Statistics 694: Homework
Homework 5:
(due Friday December 4, 2020)
- Run the code in mpg-auto.zip using the random_forest model. Does the Random Forest perform better than the Linear Regression?
Homework 4:
(due Friday November 6, 2020)
- Install the DataExplorer R package and run the main function create_report(). See the Introduction to DataExplorer . Run a report of mtcars and another dateset of your choice. I would suggest the storms dateset from the nasaweather R package. Describe the first two Pricipal Components for each dataset that you produce a report for.
- Find a blog post that demonstrates the use of clustering in R. Run the code and produce a plot of the clusters determined by the algorithm.
Homework 3:
(due Wednesday November 4, 2020)
Provide a summary of your class project in an R Notebook. Include a direct reference to the data you are using. If you have used R code to analyze your data show the code and the results in your R Notebook. If you have specific questions, please include them at the top of your summary.
Homework 2:
- Assocate CoLab with your university Google email.
- Start an R Notebook on CoLab and write up a specific summary of your research plan.
- Give your Notebook an appropriate filename: lastname_firstname_Stat 694_ProjPlan
- In text chuncks, state exactly what your project will entail.
- Give a direct link to the data you will be using.
- Explain any algorithms or model(s) you will be implementing.
- Share the notebook with me. And submit a link to your notebook in Blackboard.
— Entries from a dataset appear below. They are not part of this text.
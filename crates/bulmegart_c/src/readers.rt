// The two block readers.
ghost use Rattle.std.specs.Prelude.{◌≡◌};
ghost use Rattle.bulmegart_blocks.specs.Blocks.{block_left, read_block, list_left, read_list};

use bins::tags::CONTEXTS;
use bulmegart::records::{BlockParams, EngineState};
use bulmegart_blocks::blocks::{BlockAnswer, ListAnswer};

// One block from a payload.
#[unsafe(no_mangle)]
pub extern "C" fn bulmegart_residual_coding(
    payload: &[u8],
    state: EngineState,
    contexts: &mut [u8; CONTEXTS],
    statistics: &mut [u8; 4],
    params: BlockParams,
    levels: &mut [i32],
) -> BlockAnswer
    ensures { block_left result contexts.new statistics.new levels.new ≡ read_block payload.now state contexts.old statistics.old params levels.old }
{
    bulmegart_readers::blocks::bulmegart_residual_coding(
        payload, state, contexts, statistics, params, levels,
    )
}

// One block from a bin list, which it must end.
#[unsafe(no_mangle)]
pub extern "C" fn bulmegart_read_bins(
    list: &[u8],
    statistics: &mut [u8; 4],
    params: BlockParams,
    levels: &mut [i32],
) -> ListAnswer
    ensures { list_left result statistics.new levels.new ≡ read_list list.now statistics.old params levels.old }
{
    bulmegart_readers::blocks::bulmegart_read_bins(list, statistics, params, levels)
}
- Hints: Find a dataset that is already prepared. If you are proposing to create your own dataset by scaping with web, be sure to check the legal requirements for access the website you are trying to scrape. If the website has an API you should use it rather than web scraping the site. Also, check to see if someone has created an R package to access the API. Check out kaggle or data.world for possible data. If you are interested in working with time dependent data check out fpp3. If you are interesting working with text data check out tidytextmining. If you are interested in modeling in R check out the new book tmwr.
Homework 1:
(due Wednesday September 4, 2020)
- Project Proposal: Write up a proposal for your project idea. Give as much detail as you can about the topic, data, planned analysis, etc. For those enrolled in the class, please submit your proposal in Blackboard. If you are not enrolled, please send it to me in an email with the subject RE: Stat 694 project prosal.
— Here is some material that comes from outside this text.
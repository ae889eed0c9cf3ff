//! The operations of `alt` do what it means. All is in proofs/.
#![tactic(auto)]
Please disregard everything that is below.
Homework 4:
Read:
- Happy Git and GitHub for the useR Chapter 1 and 6
Complete the following problems: Upload your individual files in Blackboard. Please do not zip your files together before submitting, I cannot see you work directly if it is zipped.
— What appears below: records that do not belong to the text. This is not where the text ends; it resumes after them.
/// Whether the token that leaves so many is the one behind which that many are left.
fn is_at(behind: usize, left: usize) -> bool
    ensures { result ≡ (behind + 1 == left) }
{
    behind < left && left - behind == 1
}

/// How many tokens there are up to and with the one that leaves so many.
fn count_to(left: usize, tokens: &Cursor<'_>) -> usize
    ensures { result ≡ length tokens.now - (left - 1) }
{
    tokens.left().saturating_sub(left.saturating_sub(1))
}

/// The first tokens, that many or all.
fn first_tokens(alloc: Global, count: usize, tokens: &Cursor<'_>) -> Result<Items<Token>, NoMemory>
    ensures { IfOk result (λ all. all ≡ take count tokens.now) }
{
    let mut all = Items::new(alloc);
    let mut rest = tokens.fork();
    for _turn in 0..count {
        match rest.take_if(true) {
            Ok(t) => all.push(t)?,
            Err(ParseError::NoMemory) => return Err(NoMemory),
            Err(ParseError::Stuck(_)) => return Ok(all),
            Err(ParseError::Deep(_)) => return Ok(all),
        }
    }
    Ok(all)
}

/// The tokens up to and with the one that leaves so many.
fn up_to(alloc: Global, left: usize, tokens: &Cursor<'_>) -> Result<Items<Token>, NoMemory>
    ensures { IfOk result (λ all. all ≡ spec.up_to left tokens.now) }
{
    first_tokens(alloc, count_to(left, tokens), tokens)
}

/// The fault at the token that leaves so many.
fn fault_at(left: usize, alive: bool) -> ParseError
    ensures { result ≡ spec.fault_at left alive }
{
    if left == 0 {
        return ParseError::Stuck(0);
    }
    if alive {
        ParseError::Deep(left - 1)
    } else {
        ParseError::Stuck(left)
    }
}

/// The fault at a token that leaves so many, behind the name of a declaration: it is refused there or goes too deep.
fn fault_behind(left: usize, refused: bool) -> ParseError
    ensures { result ≡ parse.fault_behind left refused }
{
    if refused {
        ParseError::Stuck(left)
    } else {
        ParseError::Deep(left.saturating_sub(1))
    }
}

/// A list with one token.
fn only(alloc: Global, t: Token) -> Result<Items<Token>, NoMemory>
    ensures { IfOk result (λ all. all ≡ t ∷ []) }
{
    let mut all = Items::new(alloc);
    all.push(t)?;
    Ok(all)
}

/// How many of all tokens are left where that many of the first ones are.
fn left_of(all: usize, first: usize, left: usize) -> usize
    ensures { result ≡ all - (first - left) }
{
    all.saturating_sub(first.saturating_sub(left))
}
- In your GitHub account create a Repository. Configure R Studio to be used with git and GitHub. Create an .Rmd test file and commit and push the file. Give the link to your GitHub Repository. Submit the link to your file on your GitHub.
- Run the code 08_Chicago_Crime.zip, was there a spike in crime during the time of the protests a few weeks ago? Turn in a .Rmd and .docx file.
- Install the gutenberger R package and download a book from the Gutenberg Project and view it.
- Download the cat-and-dogs data from kaggle. Show that you can run the following .R code. cats-and-dogs-dir-ver02.R Turn in a .Rmd and .docx file.
- Create a disk.frame from the Fannie Mae Single-Family Loan Performance data set. Start by using only one year of data. This may be difficult to do.
Homework 3:
Read:
- r4ds Section II Wrangle, Chapters 9 - 11
Complete the following problems: Upload your individual files in Blackboard. Please do not zip your files together before submitting, I cannot see you work directly if it is zipped.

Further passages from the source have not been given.